それらをきちんと踏まえた上で、これから説明を行う可倒テストなどを行えば、初心者であっても催眠誘導の成功率は格段に上がります。
困るのはパスについてテキストで解説を加えたり練習会で説明を行うと、被験者にやたらとベタベタ触れば信頼感が増すんだ、などといった勘違いをする人が出ることです。
セクハラ、という言葉がありますが、セクハラを繰り返している(行っている)人の中には、相手が嫌がる行為を自分が繰り返しており、嫌な感覚を誰かに押し付けていることにまったく気がつかない人がいます。
そういった人の多くは「相手が笑っているから」平気なんだ、とか「相手が逃げない、怒らないから」それでいいんだ、と考え、一方的に相手を追い詰め、困らせてしまいます。
どこかに飲みに行ってとか遊びにいって、同僚やアルバイトで働いて女性にベタベタ触る男がいますが、同じようなものですね。今どきの女性に、それを我慢して優しくしてくれる人は少ないでしょう。それじゃ、嫌われますし下手すれば訴訟沙汰です。ストーカー扱いで通報されますよ?
誰しも「嫌なものは嫌」なんですよ。そういった行為を繰り返す人は、相手が「嫌だけど何らかの事情で」我慢しようとしてくれている事に気がつきません。
そういった間違った感覚が普段から身についている人の場合、催眠において接触法(パス)などを覚えることはかえってトラブルの種にしかならないでしょう。
残念ながら正しく利用し実践することは非常に困難なので、私としても教えたくはないんですよね。
相手(被験者)は、その人の行動に慣れ慣れしいと感じて嫌がったり、ベタベタ触られてうっとおしいと感じ、催眠どころか「この人には二度と会いたくない!」といった感覚を生みます。
医療催眠などにおいては接触法は用いないように、と指導している所もあります。
これは、パス(接触法)は確かに効果も高く、被験者との信頼感を作り上げることにも用いられますが、使い方を誤ってしまうと反対に誤解を招く場合もあり、一旦トラブルになってしまうと修復が不可能になるからです。
医者としての信頼を損なう可能性もあり、それくらいなら最初から被験者にはまったく触れず、対話方だけで(NLP法、エリクソンメソッドなどが代表)トランス状態を作り出そうと考えるグループもいます。

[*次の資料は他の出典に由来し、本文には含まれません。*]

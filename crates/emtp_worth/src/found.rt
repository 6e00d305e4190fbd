//! What is found of a pseudo-nonlinear branch, one step after the other.

ghost use Rattle.std.specs.Prelude.{Some, if◌then◌else◌, ◌≡◌, ◌+◌, ◌<◌, ◌^◌, ◌≤◌, length, unsigned_abs};
ghost use Rattle.emtp_worth.specs.Found.{nothing, with, with_excess, with_off, with_on};

use crate::characteristic::{excess, is_off};
use emtp_case::Point;

/// What a record says of a branch.
#[derive(Clone, Copy)]
pub struct Reading {
    /// The number of its step.
    pub step: u32,
    /// The branch voltage, in nV.
    pub voltage: i64,
    /// The branch current, in nA.
    pub current: i64,
    /// What the characteristic is over: the voltage in nV of a resistor, the flux in pWb of a reactor.
    pub value: i64,
    /// What the characteristic has at the current, in the same unit: to 10^37 in magnitude.
    pub due: i128,
    /// What is false where the point lies off the characteristic, and what a peak of the record shows: the voltage in nV of a
    /// resistor, the current in nA of a reactor.
    pub shown: i64,
}

/// What the records of a run say of a branch.
#[derive(Clone, Copy)]
pub struct Found {
    /// In how many steps its point lay off its characteristic.
    pub steps: u32,
    /// How many of these are samples.
    pub samples: u32,
    /// The greatest excess of voltage in nV or flux in pWb.
    pub excess: u128,
    /// The first record that has it; none where each point lay on the characteristic.
    pub worst: Option<Reading>,
    /// The greatest magnitude of what is shown by the points that lay off it, in nV or nA.
    pub peak: u64,
    /// The first record that has it.
    pub highest: Option<Reading>,
    /// The greatest magnitude of what is shown by the points that lay on it: where it is the greater one, no peak of the
    /// record is false.
    pub greatest: u64,
}

impl Found {
    /// What no record says.
    pub(crate) fn nothing() -> Found
        ensures { result ≡ nothing }
    {
        Found {
            steps: 0,
            samples: 0,
            excess: 0,
            worst: None,
            peak: 0,
            highest: None,
            greatest: 0,
        }
    }

    /// With a point more that lies on the characteristic.
    fn with_on(self, r: Reading) -> Found
        ensures { result ≡ with_on self r }
    {
        Found {
            greatest: self.greatest.max(r.shown.unsigned_abs()),
            ..self
        }
    }

    /// With a point more that lies so far off it.
    fn with_off(self, every: u32, r: Reading, excess: u128) -> Found
        requires every { 1 ≤ every }
        requires steps { self.steps < 10 ^ 7 }
        requires samples { self.samples < 10 ^ 7 }
        ensures { result ≡ with_off every self r excess }
    {
        let shown = r.shown.unsigned_abs();
        Found {
            steps: self.steps + 1,
            samples: self.samples + u32::from(r.step % every == 0),
            excess: self.excess.max(excess),
            worst: later(self.excess < excess, r, self.worst),
            peak: self.peak.max(shown),
            highest: later(self.peak < shown, r, self.highest),
            ..self
        }
    }

    fn with_excess(self, points: &[Point], every: u32, r: Reading, excess: u128) -> Found
        requires some { 1 ≤ length points.now }
        requires every { 1 ≤ every }
        requires steps { self.steps < 10 ^ 7 }
        requires samples { self.samples < 10 ^ 7 }
        ensures { result ≡ with_excess points.now every self r excess }
    {
        if is_off(points, excess) {
            self.with_off(every, r, excess)
        } else {
            self.with_on(r)
        }
    }

    /// With one record more.
    #[tactic(auto, unfolding(crate::specs::Found::with))]
    pub(crate) fn with(self, points: &[Point], every: u32, r: Reading) -> Found
        requires some { 1 ≤ length points.now }
        requires due { unsigned_abs r.due ≤ 10 ^ 37 }
        requires every { 1 ≤ every }
        requires steps { self.steps < 10 ^ 7 }
        requires samples { self.samples < 10 ^ 7 }
        ensures { result ≡ with points.now every self r }
    {
        self.with_excess(points, every, r, excess(r.due, r.value))
    }
}

/// A record that is greater than those before, or the first of these.
fn later(more: bool, r: Reading, before: Option<Reading>) -> Option<Reading>
    ensures { result ≡ (if more then Some r else before) }
{
    if more { Some(r) } else { before }
}
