//! How far a point lies off a characteristic.

ghost use Rattle.std.specs.Prelude.{Bool, ℤ, ◌≡◌, ◌+◌, ◌*◌, ◌^◌, ◌<◌, ◌≤◌, ◌≤ℤ◌, length, pos, take_while, int_lt, unsigned_abs};
ghost use Rattle.emtp_case.specs.declared.branch.Point.{Point};
ghost use Rattle.emtp_case.specs.held.Branch.{IsCharacteristic, IsSegment};
ghost use Rattle.emtp_case.specs.held.Range.{IsBetween};
ghost use Rattle.emtp_fix.specs.declared.limit.TheConstants.{LARGEST_VALUE};
ghost use Rattle.emtp_pseudo.specs.Segment.{point_at};
ghost use Rattle.emtp_worth.specs.Characteristic.{along, due, excess, is_off, outward, segment_with};

use emtp_case::Point;
use emtp_fix::scaled;

/// A point is off its characteristic where it lies more than this part of the first point's voltage or flux beside it.
pub const SHARE: u128 = 200;

const ORIGIN: Point = Point {
    current: 0,
    other: 0,
};

/// Point `k` of a characteristic; point 0 is the origin.
fn point(points: &[Point], k: usize) -> Point
    requires { k ≤ length points.now }
    ensures { result ≡ point_at points.now k }
{
    if k == 0 { ORIGIN } else { points[k - 1] }
}

/// The straight line through two points, at a current.
fn along(a: Point, b: Point, i: i64) -> i128
    requires segment { (reactor : Bool) × (dt : ℤ) × IsSegment reactor dt a b }
    requires a { pos 0 ≤ℤ a.current }
    requires low { pos 0 ≤ℤ a.other }
    requires i { IsBetween 0 (2 * LARGEST_VALUE) i }
    ensures value { result ≡ along a b i }
    ensures bound { unsigned_abs result ≤ 10 ^ 37 }
{
    a.other as i128
        + scaled(
            (b.other - a.other) as i128,
            i as i128 - a.current as i128,
            (b.current - a.current) as i128,
        )
}

/// Whether a current passes a point.
fn is_passed(point: &Point, i: i64) -> bool
    ensures { result ≡ int_lt point.now.current i }
{
    point.current < i
}

/// How many points a current passes.
fn count_passed(points: &[Point], i: i64) -> usize
    ensures value { result ≡ length (take_while (λ (p : Point). int_lt p.current i) points.now) }
{
    points.iter().take_while(|p| is_passed(p, i)).count()
}

/// The segment of a current from 0 on.
fn segment_with(points: &[Point], i: i64) -> usize
    requires { 1 ≤ length points.now }
    ensures value { result ≡ segment_with points.now i }
    ensures within { result < length points.now }
{
    count_passed(points, i).min(points.len() - 1)
}

/// What the characteristic has at a current from 0 on.
fn outward(points: &[Point], i: i64) -> i128
    requires points { (reactor : Bool) × (dt : ℤ) × IsCharacteristic reactor dt points.now }
    requires some { 1 ≤ length points.now }
    requires i { IsBetween 0 (2 * LARGEST_VALUE) i }
    ensures value { result ≡ outward points.now i }
    ensures bound { unsigned_abs result ≤ 10 ^ 37 }
{
    let k = segment_with(points, i);
    along(point(points, k), point(points, k + 1), i)
}

/// What the characteristic has at a current: the voltage in nV of a resistor, the flux in pWb of a reactor.
#[tactic(auto, unfolding(crate::specs::Characteristic::due))]
pub(crate) fn due(points: &[Point], i: i64) -> i128
    requires points { (reactor : Bool) × (dt : ℤ) × IsCharacteristic reactor dt points.now }
    requires some { 1 ≤ length points.now }
    requires i { unsigned_abs i ≤ 2 * LARGEST_VALUE }
    ensures value { result ≡ due points.now i }
    ensures bound { unsigned_abs result ≤ 10 ^ 37 }
{
    if i < 0 {
        -outward(points, -i)
    } else {
        outward(points, i)
    }
}

/// How far a voltage or flux lies from what its characteristic has.
pub(crate) fn excess(due: i128, y: i64) -> u128
    requires { unsigned_abs due ≤ 10 ^ 37 }
    ensures value { result ≡ excess due y }
    ensures bound { result ≤ 10 ^ 38 }
{
    (y as i128 - due).unsigned_abs()
}

/// Whether a point that lies so far from a characteristic is off it.
pub(crate) fn is_off(points: &[Point], e: u128) -> bool
    requires { 1 ≤ length points.now }
    ensures { result ≡ is_off points.now e }
{
    u128::from(point(points, 1).other.unsigned_abs()) / SHARE < e
}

そのどちらもが間違いではありません。私としてもトラブルを避けるために場合によっては接触法を用いない場合もあります。特に女性の場合、変に勘違いする人や過敏な人もいますよ?
ほんの一瞬でも警戒される場合もありますから相手によっては配慮が必要です。
ビデオや写真を参考に練習してください。確かに私は被験者に軽く触れるようにしていますが、身体のどこかを掴んで振り回したり強い身体への接触は行わず、力が抜けた時とかこちらの支えやサポートが必要となった時だけ接触するだけに留めています。
おそらくですが、他の催眠をやってる先生、特にテレビ番組などに出ていた人たちと比較するとかなり軽いというか出来る限り、身体的な接触は避けているタイプかもしれないですね。
相手に信頼してもらえる距離(パーソナルスペース)に入ることが重要で、接触は「付加(おまけ)」に過ぎない、と私は考えています。
一連の動作を自然に行い、被験者が不快感や嫌悪感を感じないように近付くことに意味があります。それを施術側が意図的に何度か繰り返し、パソナルスペース内に「出たり、入ったり」をすることで、親近感や信頼度を増すようにします。
ビデオにおいて、私が時々被験者の身体や背中に手を当てて支えているのは、安心感や信頼感を増すためだと考えてください。私も意図してそういった行動を行っている、というよりは、基本に忠実に施術や実演をやっているうちに身についた、というのが真相でしょう。
私は過去に接客業がメインで飲食店の経営に携わったりセールスとか営業もやっていました。それだけではなく荒っぽい肉体労働や格闘技も経験があります。
中には身体が一瞬触れただけで怒り始めるお客さんとか危ない筋の方もいましたよ? そういった人たちを怒らせないように上手く付き合おうとか現場を回そうと思うと表情や反応を読むのは速くなります。
近づいてはいけない距離もありますが、腹を括って近づかないと信頼を得られない場合もあります。その見切りが出来るようになるには、一件でも多く経験して慣れるしかありませんね。
言葉でいう程簡単ではありませんが、各自で練習してみてください。